Treatment of congenital pulmonary airway malformations: a systematic review from the APSA outcomes and evidence based practice committee

Downard, C. D.; Calkins, C. M.; Williams, R. F.; Renaud, E. J.; Jancelewicz, T.; Grabowski, J.; Dasgupta, R.; McKee, M.; Baird, R.; Austin, M. T.; Arnold, M. A.; Goldin, A. B.; Shelton, J.; Islam, S.

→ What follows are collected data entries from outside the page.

//! What the template of a program takes of the limits, before it is made.
ghost use Rattle.program_parts.specs.Clauses as spec;

use arm_value::OutOfMemory;
use bicep_names::Kind;
use bicep_symbols::Entry;
use file_templates::{EmitFault, FileParts, Measure};
use measured_trees::Beyond;
use std::alloc::Global;
use template_parts::Which;

// How many files may be in one another: each module adds four arrays and objects around its template, so that what is
// inside 31 files nests above 120.
const MAX_FILE_DEPTH: usize = 31;

/// The number of the file of a module, by the kind of its symbol.
pub fn module_number(kind: Kind) -> Option<usize>
    ensures { spec.IsModuleOf kind result }
{
    match kind {
        Kind::Module(file) | Kind::ModuleLoop(file) => Some(file),
        Kind::Parameter | Kind::Variable | Kind::Resource(_) | Kind::ResourceLoop(_) => None,
    }
}

// What the template of the file of a number takes.
fn measure_at(measures: &[Measure], number: usize) -> Measure
    ensures { spec.IsMeasureAt measures.now number result }
{
    measures.get(number).copied().unwrap_or(Measure {
        longest: 0,
        deepest: 0,
        depth: 0,
    })
}

// What the template of a module takes, in the template that it is in.
fn inside(measure: Measure) -> Measure
    ensures { spec.IsInside measure result }
{
    measure.enclosed().enclosed().enclosed().enclosed()
}

// What the template of a symbol takes, where it is a module.
fn module_measure(measures: &[Measure], kind: Kind) -> Measure
    ensures { spec.IsModuleMeasure measures.now kind result }
{
    match module_number(kind) {
        Some(number) => inside(measure_at(measures, number)),
        None => Measure::nothing(),
    }
}

// What the templates of the modules among these symbols take.
fn inner_measure(measures: &[Measure], entries: &[Entry]) -> Measure
    ensures { spec.IsInnerMeasure measures.now entries.now result }
{
    let mut all = Measure::nothing();
    for entry in entries {
        all = all.with(module_measure(measures, entry.kind));
    }
    all.ended()
}

// What the template of a file takes, with those of its modules.
fn part_measure(part: &FileParts, measures: &[Measure]) -> Measure
    requires { spec.IsMeasured part.now }
    ensures { spec.IsPartMeasure part.now measures.now result }
{
    let inner = inner_measure(measures, part.table.file().entries.as_slice());
    part.parts.measure.with(inner)
}

// What the templates of all files take, by what those of their modules take.
fn more_measures(
    alloc: Global,
    parts: &[FileParts],
    measures: &[Measure],
) -> Result<Vec<Measure>, OutOfMemory>
    requires { spec.AreMeasured parts.now }
    ensures { spec.AreMoreMeasures parts.now measures.now result }
{
    let mut all = Vec::new(alloc);
    for part in parts {
        all.push(part_measure(part, measures))?;
    }
    Ok(all)
}

// What the templates of all files take, with those of modules that are not too deep in one another.
fn all_measures(alloc: Global, parts: &[FileParts]) -> Result<Vec<Measure>, OutOfMemory>
    requires { spec.AreMeasured parts.now }
    ensures { spec.IfOk result (spec.AreAllMeasures parts.now) }
{
    let mut all = Vec::new(alloc);
    for _ in 0..MAX_FILE_DEPTH {
        match more_measures(alloc, parts, all.as_slice()) {
            Ok(more) => all = more,
            Err(error) => return Err(error),
        }
    }
    Ok(all)
}

// What the template of the program takes.
fn whole_measure(alloc: Global, parts: &[FileParts]) -> Result<Measure, OutOfMemory>
    requires { spec.AreMeasured parts.now }
    ensures { spec.IfOk result (spec.IsWholeMeasure parts.now) }
{
    match all_measures(alloc, parts) {
        Ok(all) => Ok(measure_at(all.as_slice(), 0)),
        Err(error) => Err(error),
    }
}

// The fault of a template that is beyond a limit.
fn beyond_fault(beyond: Beyond) -> EmitFault
    ensures { spec.IsOfBeyond beyond result }
{
    match beyond {
        Beyond::Characters(count) => EmitFault::Limit(Which::Expression, count),
        Beyond::Depth(depth) => EmitFault::Limit(Which::Nesting, depth),
        Beyond::TooDeep => EmitFault::TooDeep,
    }
}

// Nothing, where what takes so much is beyond no limit.
fn limits(measure: Measure) -> Result<(), EmitFault>
    ensures fits { spec.IsBeyondNone measure result }
    ensures fault { spec.HasLimitFault measure result }
{
    match measure.beyond(0) {
        None => Ok(()),
        Some(beyond) => Err(beyond_fault(beyond)),
    }
}

/// Nothing, where the template of a program is beyond no limit, by what its files are made of. No template is made.
///
/// # Errors
///
/// - `Limit`: the text of an expression has more than 24,576 characters, or arrays and objects nest above 120, with the
///   number that is beyond the limit. Modules that are above 30 deep in one another count as 31 deep.
/// - `TooDeep`: an expression nests above 64, and no other limit is passed.
/// - `OutOfMemory`.
pub fn whole_limits(alloc: Global, parts: &[FileParts]) -> Result<(), EmitFault>
    requires { spec.AreMeasured parts.now }
    ensures fits { spec.OnOk result (spec.IsWholeWithin parts.now) }
    ensures fault { spec.IfErr result (spec.IsWholeFault parts.now) }
{
    match whole_measure(alloc, parts) {
        Ok(measure) => limits(measure),
        Err(_) => Err(EmitFault::OutOfMemory),
    }
}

Pediatr Surg Int. 2017 Jun 8


PURPOSE: Variation in management characterizes treatment of infants with a congenital pulmonary airway malformation (CPAM). This review addresses six clinically applicable questions using available evidence to provide recommendations for the treatment of these patients. METHODS: Questions regarding the management of a pediatric patient with a CPAM were generated. English language articles published between 1960 and 2014 were compiled after searching Medline and OvidSP. The articles were divided by subject area and by the question asked, then reviewed and included if they specifically addressed the proposed question. RESULTS: 1040 articles were identified on initial search. After screening abstracts per eligibility criteria, 130 articles were used to answer the proposed questions. Based on the available literature, resection of an asymptomatic CPAM is controversial, and when performed is usually completed within the first six months of life. Lobectomy remains the standard resection method for CPAM, and can be performed thoracoscopically or via thoracotomy. There is no consensus regarding a monitoring protocol for observing asymptomatic lesions, although at least one chest computerized tomogram (CT) should be performed postnatally for lesion characterization. An antenatally identified CPAM can be evaluated with MRI if fetal intervention is being considered, but is not required for the fetus with a lesion not at risk for hydrops. Prenatal consultation should be offered for infants with CPAM and encouraged for those infants in whom characteristics indicate risk of hydrops. CONCLUSIONS: Very few articles provided definitive recommendations for care of the patient with a CPAM and none reported Level I or II evidence. Based on available information, CPAMs are usually resected early in life if at all. A prenatally diagnosed congenital lung lesion should be evaluated postnatally with CT, and prenatal counseling should be undertaken in patients at risk for hydrops.